▶ [Exercise brief]
Report each line of the entries that contains the word "Only", copied in full.

▶ [Records for the exercise]
· · · · · · ·

//! The rows of a section, and of a page.

ghost use Rattle.std.specs.Prelude.{◌≡◌, ◌++◌, map, List, IfOk, OnOk};
ghost use Rattle.mad_format.specs.Lists.{EachBecomes};
ghost use Rattle.mad_sections.specs.Sections.{page_content, section_content};
ghost use Rattle.mad_pages.specs.PageLayouts.{BecomesAt, IsPageAt, IsSectionAt};
ghost use Rattle.mad_pages.specs.PageRows.{RowContent, row_content};
ghost use Rattle.mad_pages.specs.PageCursors.{sections_left};

use crate::page_cursor::PageCursor;
use crate::page_rows::{PageRow, push_behind};
use mad_blocks::{lay_text, table_rules};
use mad_format::LineSkin;
use mad_sections::{Page, Section, Unfolded, room_behind, unfold};
use std::alloc::{AllocError, Global};

/// The rows of a page at a width in columns, if there is one: those of its sections, in order. Boxes of tasks are of ASCII characters, or
/// not.
///
/// Only out of memory is an error.
pub fn lay_page<'s, S: LineSkin>(
    alloc: Global,
    skin: &S,
    page: Page<'s>,
    width: Option<usize>,
    ascii: bool,
) -> Result<Vec<PageRow<'s>>, AllocError>
    ensures { IfOk result (λ rows. IsPageAt (S.rules skin.now) ascii width (page_content page.entry) (map row_content rows.items)) }
{
    lay_sections(alloc, skin, &mut PageCursor::new(page), width, ascii)
}

// The rows of all sections that are left.
fn lay_sections<'s, S: LineSkin>(
    alloc: Global,
    skin: &S,
    sections: &mut PageCursor<'s>,
    width: Option<usize>,
    ascii: bool,
) -> Result<Vec<PageRow<'s>>, AllocError>
    ensures { IfOk result (λ rows. IsPageAt (S.rules skin.now) ascii width (sections_left sections.old) (map row_content rows.items)) }
{
    let mut rows = Vec::new(alloc);
    while sections.lay_next(alloc, &mut rows, width, ascii, skin)? {}
    Ok(rows)
}

/// The rows of a section at a width in columns, if there is one. Only out of memory is an error.
pub fn lay_section<'s, S: LineSkin>(
    alloc: Global,
    skin: &S,
    section: Section<'s>,
    width: Option<usize>,
    ascii: bool,
) -> Result<Vec<PageRow<'s>>, AllocError>
    ensures { IfOk result (λ rows. BecomesAt (S.rules skin.now) ascii width (section_content section.entry) (map row_content rows.items)) }
{
    let mut rows = Vec::new(alloc);
    push_section(alloc, &mut rows, section, width, ascii, skin)?;
    Ok(rows)
}

/// Puts the rows of a section after those that are there, at a width in columns, if there is one.
///
/// Its lines are laid out in the room behind its gutters, each behind those gutters that are shown. Only out of memory is an error.
pub fn push_section<'s, S: LineSkin>(
    alloc: Global,
    rows: &mut Vec<PageRow<'s>>,
    section: Section<'s>,
    width: Option<usize>,
    ascii: bool,
    skin: &S,
) -> Result<(), AllocError>
    ensures { OnOk result ((own : List RowContent) × (map row_content rows.new.items ≡ map row_content rows.old.items ++ own) × BecomesAt (S.rules skin.now) ascii width (section_content section.entry) own) }
{
    match unfold(alloc, section, width, ascii, table_rules(skin))? {
        Unfolded::Itself(section) => push_folded(alloc, rows, section, width, ascii, skin),
        Unfolded::Items(items) => push_items(alloc, rows, items, width, ascii, skin),
    }
}

// Puts the rows of a list's items after those that are there.
fn push_items<'s, S: LineSkin>(
    alloc: Global,
    rows: &mut Vec<PageRow<'s>>,
    items: Vec<Section<'s>>,
    width: Option<usize>,
    ascii: bool,
    skin: &S,
) -> Result<(), AllocError>
    ensures { OnOk result ((own : List RowContent) × (map row_content rows.new.items ≡ map row_content rows.old.items ++ own) × EachBecomes (IsSectionAt (S.rules skin.now) ascii width) (map section_content items.entry.items) own) }
{
    for item in items {
        push_folded(alloc, rows, item, width, ascii, skin)?;
    }
    Ok(())
}

// Puts the rows of a section that isn't unfolded after those that are there.
fn push_folded<'s, S: LineSkin>(
    alloc: Global,
    rows: &mut Vec<PageRow<'s>>,
    section: Section<'s>,
    width: Option<usize>,
    ascii: bool,
    skin: &S,
) -> Result<(), AllocError>
    ensures { OnOk result ((own : List RowContent) × (map row_content rows.new.items ≡ map row_content rows.old.items ++ own) × IsSectionAt (S.rules skin.now) ascii width (section_content section.entry) own) }
{
    let room = room_behind(section.gutters, width, ascii);
    let lines = lay_text(alloc, skin, section.text, room.columns)?;
    push_behind(rows, room.gutters, section.fresh, section.marks, lines)
}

· · · · · · ·

▶ [Answer to the problem]
/// Only out of memory is an error.
/// The rows of a section at a width in columns, if there is one. Only out of memory is an error.
/// Its lines are laid out in the room behind its gutters, each behind those gutters that are shown. Only out of memory is an error.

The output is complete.